┌────────
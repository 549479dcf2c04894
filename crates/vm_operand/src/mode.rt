//! The modes of operands, and the bytes that they stand for.

ghost use Rattle.std.specs.Prelude.{◌≡◌, ◌≤◌, ◌<◌, ◌+◌, ◌^◌, OnOk, IfOk};
ghost use Rattle.vm_operand.specs.Mode as spec;
ghost use Rattle.vm_operand.specs.Mode.{size, mode_number, modes};
ghost use Rattle.vm_operand.specs.Opcode.{first_with};
ghost use Rattle.vm_operand.specs.Instruction.{with_sign_carried};
ghost use Rattle.vm_operand.specs.Reading.{instruction_read};
ghost use Rattle.vm_memory.specs.Access.{read};

use crate::OpFault;
use crate::operand::Kind;
use vm_memory::{MAX_SIZE, Memory};

/// How many bytes a constant, an address or an offset has.
#[derive(Clone, Copy, Debug, PartialEq, Eq)]
pub enum Width {
    One,
    Two,
    Four,
}

/// What the bytes of an operand say.
#[derive(Clone, Copy, Debug, PartialEq, Eq)]
pub enum Mode {
    Zero,
    Constant(Width),
    Address(Width),
    Stack,
    Local(Width),
    Ram(Width),
}

impl Width {
    pub(crate) fn size(self) -> u32
        ensures { result ≡ size self }
    {
        match self {
            Width::One => 1,
            Width::Two => 2,
            Width::Four => 4,
        }
    }

    /// The number of so many bytes at the address.
    pub(crate) fn read(self, memory: &Memory<'_>, at: u32) -> Result<u32, OpFault>
        ensures value { result ≡ instruction_read (read (size self) memory.now at) }
        ensures within { OnOk result (at + size self ≤ MAX_SIZE) }
        ensures fits { IfOk result (λ x. x < 256 ^ size self) }
    {
        Ok(match self {
            Width::One => memory.read1(at)?,
            Width::Two => memory.read2(at)?,
            Width::Four => memory.read4(at)?,
        })
    }

    /// A number of so many bytes with its sign carried to four.
    #[inline(always)]
    pub(crate) fn extend(self, value: u32) -> u32
        requires { value < 256 ^ size self }
        ensures { result ≡ with_sign_carried self value }
    {
        match self {
            Width::One if value >= 0x80 => value + 0xFFFF_FF00,
            Width::Two if value >= 0x8000 => value + 0xFFFF_0000,
            _ => value,
        }
    }
}

impl Mode {
    #[tactic(auto, unfolding(crate::specs::Mode::modes))]
    fn of(number: u32) -> Option<Mode>
        ensures { result ≡ first_with mode_number modes number }
    {
        Some(match number {
            0 => Mode::Zero,
            1 => Mode::Constant(Width::One),
            2 => Mode::Constant(Width::Two),
            3 => Mode::Constant(Width::Four),
            5 => Mode::Address(Width::One),
            6 => Mode::Address(Width::Two),
            7 => Mode::Address(Width::Four),
            8 => Mode::Stack,
            9 => Mode::Local(Width::One),
            10 => Mode::Local(Width::Two),
            11 => Mode::Local(Width::Four),
            13 => Mode::Ram(Width::One),
            14 => Mode::Ram(Width::Two),
            15 => Mode::Ram(Width::Four),
            _ => return None,
        })
    }

    /// The mode of an operand by its number; BadMode where it is none, or a constant of a store.
    #[tactic(auto, unfolding(crate::specs::Mode::mode_of))]
    pub(crate) fn for_kind(kind: Kind, number: u32) -> Result<Mode, OpFault>
        ensures { result ≡ spec.mode_of kind number }
    {
        match (kind, Mode::of(number)) {
            (_, None) | (Kind::Store, Some(Mode::Constant(_))) => Err(OpFault::BadMode(number)),
            (_, Some(mode)) => Ok(mode),
        }
    }
}
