//! What standard error is told of an exit status.
ghost use Rattle.std.specs.Prelude.{◌≡◌};
ghost use Rattle.storyhost.specs.Complaint.{complaint};

/// The line for an exit code; of 0, and of a code that no command ends with, nothing.
pub fn complaint_of(code: u8) -> &'static str
    ensures { result.now ≡ complaint code }
{
    match code {
        2 => "storyhost: these words aren't understood; see storyhost --help",
        3 => "storyhost: a story is refused; the line that was written says which, and why",
        4 => "storyhost: the input failed, or a file can't be read",
        5 => "storyhost: the output failed",
        6 => "storyhost: a file of the folder can't be opened, made, read or written",
        7 => "storyhost: there is too little memory",
        8 => "storyhost: what the folder holds is refused; the line that was written says why",
        9 => "storyhost: the port can't be served; another program may be using it",
        10 => "storyhost: the connection's limit of lines or bytes was reached",
        _ => "",
    }
}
└────────
- [What you need to do]: Copy every record again, keeping each word unchanged.

- [Result of this task]:
repository 549479dcf2c04894
filename crates/vm_operand/src/mode.rt
//! The modes of operands, and the bytes that they stand for.

ghost use Rattle.std.specs.Prelude.{◌≡◌, ◌≤◌, ◌<◌, ◌+◌, ◌^◌, OnOk, IfOk};
ghost use Rattle.vm_operand.specs.Mode as spec;
ghost use Rattle.vm_operand.specs.Mode.{size, mode_number, modes};
ghost use Rattle.vm_operand.specs.Opcode.{first_with};
ghost use Rattle.vm_operand.specs.Instruction.{with_sign_carried};
ghost use Rattle.vm_operand.specs.Reading.{instruction_read};
ghost use Rattle.vm_memory.specs.Access.{read};

use crate::OpFault;
use crate::operand::Kind;
use vm_memory::{MAX_SIZE, Memory};

/// How many bytes a constant, an address or an offset has.
#[derive(Clone, Copy, Debug, PartialEq, Eq)]
pub enum Width {
    One,
    Two,
    Four,
}

/// What the bytes of an operand say.
#[derive(Clone, Copy, Debug, PartialEq, Eq)]
pub enum Mode {
    Zero,
    Constant(Width),
    Address(Width),
    Stack,
    Local(Width),
    Ram(Width),
}

impl Width {
    pub(crate) fn size(self) -> u32
        ensures { result ≡ size self }
    {
        match self {
            Width::One => 1,
            Width::Two => 2,
            Width::Four => 4,
        }
    }

    /// The number of so many bytes at the address.
    pub(crate) fn read(self, memory: &Memory<'_>, at: u32) -> Result<u32, OpFault>
        ensures value { result ≡ instruction_read (read (size self) memory.now at) }
        ensures within { OnOk result (at + size self ≤ MAX_SIZE) }
        ensures fits { IfOk result (λ x. x < 256 ^ size self) }
    {
        Ok(match self {
            Width::One => memory.read1(at)?,
            Width::Two => memory.read2(at)?,
            Width::Four => memory.read4(at)?,
        })
    }

    /// A number of so many bytes with its sign carried to four.
    #[inline(always)]
    pub(crate) fn extend(self, value: u32) -> u32
        requires { value < 256 ^ size self }
        ensures { result ≡ with_sign_carried self value }
    {
        match self {
            Width::One if value >= 0x80 => value + 0xFFFF_FF00,
            Width::Two if value >= 0x8000 => value + 0xFFFF_0000,
            _ => value,
        }
    }
}

impl Mode {
    #[tactic(auto, unfolding(crate::specs::Mode::modes))]
    fn of(number: u32) -> Option<Mode>
        ensures { result ≡ first_with mode_number modes number }
    {
        Some(match number {
            0 => Mode::Zero,
            1 => Mode::Constant(Width::One),
            2 => Mode::Constant(Width::Two),
            3 => Mode::Constant(Width::Four),
            5 => Mode::Address(Width::One),
            6 => Mode::Address(Width::Two),
            7 => Mode::Address(Width::Four),
            8 => Mode::Stack,
            9 => Mode::Local(Width::One),
            10 => Mode::Local(Width::Two),
            11 => Mode::Local(Width::Four),
            13 => Mode::Ram(Width::One),
            14 => Mode::Ram(Width::Two),
            15 => Mode::Ram(Width::Four),
            _ => return None,
        })
    }

    /// The mode of an operand by its number; BadMode where it is none, or a constant of a store.
    #[tactic(auto, unfolding(crate::specs::Mode::mode_of))]
    pub(crate) fn for_kind(kind: Kind, number: u32) -> Result<Mode, OpFault>
        ensures { result ≡ spec.mode_of kind number }
    {
        match (kind, Mode::of(number)) {
            (_, None) | (Kind::Store, Some(Mode::Constant(_))) => Err(OpFault::BadMode(number)),
            (_, Some(mode)) => Ok(mode),
        }
    }
}
//! What standard error is told of an exit status.
ghost use Rattle.std.specs.Prelude.{◌≡◌};
ghost use Rattle.storyhost.specs.Complaint.{complaint};

/// The line for an exit code; of 0, and of a code that no command ends with, nothing.
pub fn complaint_of(code: u8) -> &'static str
    ensures { result.now ≡ complaint code }
{
    match code {
        2 => "storyhost: these words aren't understood; see storyhost --help",
        3 => "storyhost: a story is refused; the line that was written says which, and why",
        4 => "storyhost: the input failed, or a file can't be read",
        5 => "storyhost: the output failed",
        6 => "storyhost: a file of the folder can't be opened, made, read or written",
        7 => "storyhost: there is too little memory",
        8 => "storyhost: what the folder holds is refused; the line that was written says why",
        9 => "storyhost: the port can't be served; another program may be using it",
        10 => "storyhost: the connection's limit of lines or bytes was reached",
        _ => "",
    }
}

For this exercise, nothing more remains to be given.